Remember too much red will make your plants long and spindly where blue will make them more compact and bushy. Look for a good balance.


----------



## Left C (Jun 14, 2005)

I just found out where this place is located and why the shipping is so high to the US. I got this reply:

"Hello C,

We are located in Montreal, Canada

Thanks Phil

Xenia"

This is the parent company: http://www.theaquariumsolution.com/

Here's a list of US stores:
http://www.theaquariumsolution.com/?q=node/442

I called the stores in Virginia and they had all of the Geisemann's T5 bulbs except for the Aquaflora.

I asked these two stores about any warranty problems and they said no.


----------



## jeff5614 (Feb 15, 2006)

Hey all, I just found this store in Washington state that has Aquaflora's. Shipping is a bit less than out of Canada. It's just over $16 to ship two bulbs to my location in TN.
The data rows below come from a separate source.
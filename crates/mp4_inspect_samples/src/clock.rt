//! The unit of the times of a track.

/// The unit of the times of a track.
#[derive(Clone, Copy, Debug, PartialEq, Eq)]
pub struct Clock {
    /// The number of ticks in a second, in the timescale of the media, if it can be read.
    pub timescale: Option<u32>,
    /// Asks for seconds instead of ticks.
    pub seconds: bool,
}
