//! Lists with an `ssix` or a `fiel` among other boxes.

use crate::tests::own_boxes::ssix::{BYTES, TOO_MANY, changed, index};
use example_boxes::{FIEL, Fiel, FielBox, SSIX, SegmentBox};
use mp4_stream::{
    AnyBox, BoxType, ByteCursor, Either, Error, KeptBox, MfhdBox, Mp4Box, OtherBox, Result as Made,
    StreamBox, TfdtBox, TrunBox, read_boxes_as, write_boxes,
};
use std::alloc::{AllocError, Global};
use std::test::Fail;
use test_shared::made;

/// An `mfhd`, a `tfdt` of version 1, and a `trun` with the sizes of two samples.
const FRAGMENT: [u8; 60] = *b"\0\0\0\x10mfhd\0\0\0\0\xc1\xc2\xc3\xc4\
\0\0\0\x14tfdt\x01\0\0\0\xd1\xd2\xd3\xd4\xd5\xd6\xd7\xd8\
\0\0\0\x18trun\0\0\x02\0\0\0\0\x02\xe1\xe2\xe3\xe4\xe5\xe6\xe7\xe8";

/// Boxes that a list of `SegmentBox`es skips. The last code differs from that of an index in one bit.
const OTHERS: [u8; 29] = *b"\0\0\0\x0cstyp\xf1\xf2\xf3\xf4\0\0\0\x08free\0\0\0\x09ssiy\xf5";

/// The `mfhd` of `FRAGMENT` and `BESIDE`.
const OF_MFHD: MfhdBox = MfhdBox {
    version: 0,
    flags: 0,
    sequence_number: 0xc1c2_c3c4,
};

/// The `tfdt` of `FRAGMENT`.
const OF_TFDT: TfdtBox = TfdtBox {
    version: 1,
    flags: 0,
    base_media_decode_time: 0xd1d2_d3d4_d5d6_d7d8,
};

/// Returns the bytes of an index with the pieces of `after` appended.
fn joined(alloc: Global, after: &[&[u8]]) -> Result<Vec<u8>, AllocError> {
    let mut bytes = Vec::from_slice(alloc, &BYTES)?;
    for piece in after {
        bytes.extend_from_slice(piece)?;
    }
    Ok(bytes)
}

/// Makes the `trun` of `FRAGMENT`.
fn two_samples(alloc: Global) -> Result<TrunBox, AllocError> {
    let mut trun = TrunBox::default_in(alloc);
    trun.flags = TrunBox::FLAG_SAMPLE_SIZE;
    trun.sample_count = 2;
    trun.sample_sizes = Vec::from_slice(alloc, &[0xe1e2_e3e4, 0xe5e6_e7e8])?.into();
    Ok(trun)
}

/// Makes an index and the boxes of `FRAGMENT`.
fn segment(alloc: Global) -> Made<Vec<SegmentBox>> {
    let mut boxes = Vec::new(alloc);
    boxes.push(SegmentBox::SsixBox(index(alloc)?))?;
    boxes.push(SegmentBox::MfhdBox(OF_MFHD))?;
    boxes.push(SegmentBox::TfdtBox(OF_TFDT))?;
    boxes.push(SegmentBox::TrunBox(two_samples(alloc)?))?;
    Ok(boxes)
}

/// A `fiel`, an `mfhd` and a box of another type.
const BESIDE: [u8; 38] = *b"\0\0\0\x0afiel\x81\x82\
\0\0\0\x10mfhd\0\0\0\0\xc1\xc2\xc3\xc4\0\0\0\x0cstyp\xf1\xf2\xf3\xf4";

/// Makes the boxes of `BESIDE`. The last is kept as its bytes.
fn kept(alloc: Global) -> Made<Vec<Either<FielBox, KeptBox>>> {
    let mut boxes = Vec::new(alloc);
    let fiel = Fiel {
        count: 0x81,
        detail: 0x82,
    };
    boxes.push(Either::First(FielBox::new(fiel)))?;
    boxes.push(Either::Second(KeptBox::Any(AnyBox::MfhdBox(OF_MFHD))))?;
    let other = OtherBox::copy_of(alloc, 0x7374_7970, &[0xf1, 0xf2, 0xf3, 0xf4])?;
    boxes.push(Either::Second(KeptBox::Other(other)))?;
    Ok(boxes)
}

/// Returns whether `boxes` have the `expected` names and sizes, and the type knows the names.
fn are_named<B: StreamBox>(boxes: &[B], expected: &[(BoxType, u64)]) -> bool {
    for (member, (name, size)) in boxes.iter().zip(expected) {
        if member.box_type() != *name || member.box_size() != *size || !B::knows(*name) {
            return false;
        }
    }
    boxes.len() == expected.len()
}

/// Returns whether `boxes` are written as `written`.
fn are_written<B: StreamBox>(alloc: Global, boxes: &[B], written: &[u8]) -> bool {
    let mut out = Vec::new(alloc);
    write_boxes(boxes, &mut out).is_ok() && out.as_slice() == written
}

/// Returns whether `boxes` are read from `bytes` up to the end, and have these `names` with sizes.
fn are_read<B: StreamBox + PartialEq + Drop>(
    alloc: Global,
    boxes: &[B],
    names: &[(BoxType, u64)],
    bytes: &[u8],
) -> bool {
    let mut reader = ByteCursor::new(bytes);
    let found: Made<Vec<B>> = read_boxes_as(alloc, &mut reader);
    let is_all = reader.position() == bytes.len() as u64;
    match found {
        Ok(found) => is_all && found.as_slice() == boxes && are_named(&found, names),
        Err(_) => false,
    }
}

/// Returns whether the boxes have these `names` with sizes, are read from `bytes` up to the end, and are written as
/// `written`.
fn are_in<B: StreamBox + PartialEq + Drop>(
    alloc: Global,
    made: Made<Vec<B>>,
    names: &[(BoxType, u64)],
    bytes: &[u8],
    written: &[u8],
) -> bool {
    match made {
        Ok(boxes) => are_written(alloc, &boxes, written) && are_read(alloc, &boxes, names, bytes),
        Err(_) => false,
    }
}

/// The names and sizes of the boxes in a segment.
const OF_SEGMENT: [(BoxType, u64); 4] = [
    (BoxType::UnknownBox(SSIX), 56),
    (BoxType::MfhdBox, 16),
    (BoxType::TfdtBox, 20),
    (BoxType::TrunBox, 24),
];

/// Returns whether a segment is read with other boxes in it and written without them.
fn is_a_segment(alloc: Global) -> Result<bool, AllocError> {
    let bytes = joined(alloc, &[&OTHERS, &FRAGMENT])?;
    let written = joined(alloc, &[&FRAGMENT])?;
    Ok(are_in(alloc, segment(alloc), &OF_SEGMENT, &bytes, &written))
}

/// Returns whether the type of the list knows neither the code after that of an index nor `moof`.
fn knows_no_other() -> bool {
    !SegmentBox::knows(BoxType::UnknownBox(SSIX + 1)) && !SegmentBox::knows(BoxType::MoofBox)
}

/// Returns whether reading a list fails with the fault of its index, whose last count is too large, and leaves the
/// cursor at its position.
fn has_the_fault_of_its_box(alloc: Global) -> bool {
    let bytes = changed(39, 5);
    let mut reader = ByteCursor::new(&bytes);
    let found: Made<Vec<SegmentBox>> = read_boxes_as(alloc, &mut reader);
    let is_its_fault = matches!(found, Err(Error::InvalidData(text)) if text == TOO_MANY);
    is_its_fault && reader.position() == 0
}

#[test]
fn a_segment_is_written_and_read(rt: HostRuntime) -> Result<(), Fail> {
    assert!(rt; is_a_segment(rt.alloc())?);
    assert!(rt; has_the_fault_of_its_box(rt.alloc()) && knows_no_other());
    Ok(())
}

/// The names and sizes of the boxes of `BESIDE`.
const OF_BESIDE: [(BoxType, u64); 3] = [
    (BoxType::UnknownBox(FIEL), 10),
    (BoxType::MfhdBox, 16),
    (BoxType::UnknownBox(0x7374_7970), 12),
];

#[test]
fn a_fiel_is_among_boxes_of_the_codec_and_others(rt: HostRuntime) {
    let alloc = rt.alloc();
    assert!(rt; are_in(alloc, kept(alloc), &OF_BESIDE, &BESIDE, &BESIDE));
}

/// Makes a kept box with the code of a `fiel` and a longer content.
fn kept_with_the_declared_code(alloc: Global) -> Made<Either<FielBox, KeptBox>> {
    let kept = OtherBox::copy_of(alloc, FIEL, &[0x81, 0x82, 0x83])?;
    Ok(Either::Second(KeptBox::Other(kept)))
}

#[test]
fn a_kept_box_may_not_have_the_declared_code(rt: HostRuntime) -> Result<(), Fail> {
    let alloc = rt.alloc();
    made::unwritable(alloc, kept_with_the_declared_code(alloc))?;
    Ok(())
}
http://www.horticulturesource.com/p.../4684?osCsid=65e562998681b2332997eb9769acfdcb


----------



## Robert Hudson (Feb 5, 2004)

> Some people mentioned that the Aquaflora bulbs are not covered with an warranty at this time in the US. I really don't understand the whole picture yet.


Lightbulbs NEVER have a warranty. No light bulb has a warranty. *The person who is telling people this should step up and explain what he is talking about. *AH supply has no warranty on light bulbs. Coralife has no warranty on light bulbs. GE has no warranty on light bulbs, Sylvania has no warranty on light bulbs, Phillips has no warranty on light bulbs. You buy a light bulb from a hardware store, there is no warranty. Home depot, Lowes, Hello lights... NOBODY has a warranty on light bulbs!

If you buy a dud that is dead when you buy it, the store will probably give you a new light bulb, but thats not the ame as a warranty. THERE IS NO LIGHT BULB ON THIS WHOLE PLANET THAT IS GUARANTEED TO RUN FOR X NUMBER OF MONTHS OR YEARS!



I have the mid days. Thats all you need. Shipping, is like 8 or 10 dollars, ground to most places I'm aware of in the USA.



> I called the stores in Virginia and they had all of the Geisemann's T5 bulbs except for the Aquaflora.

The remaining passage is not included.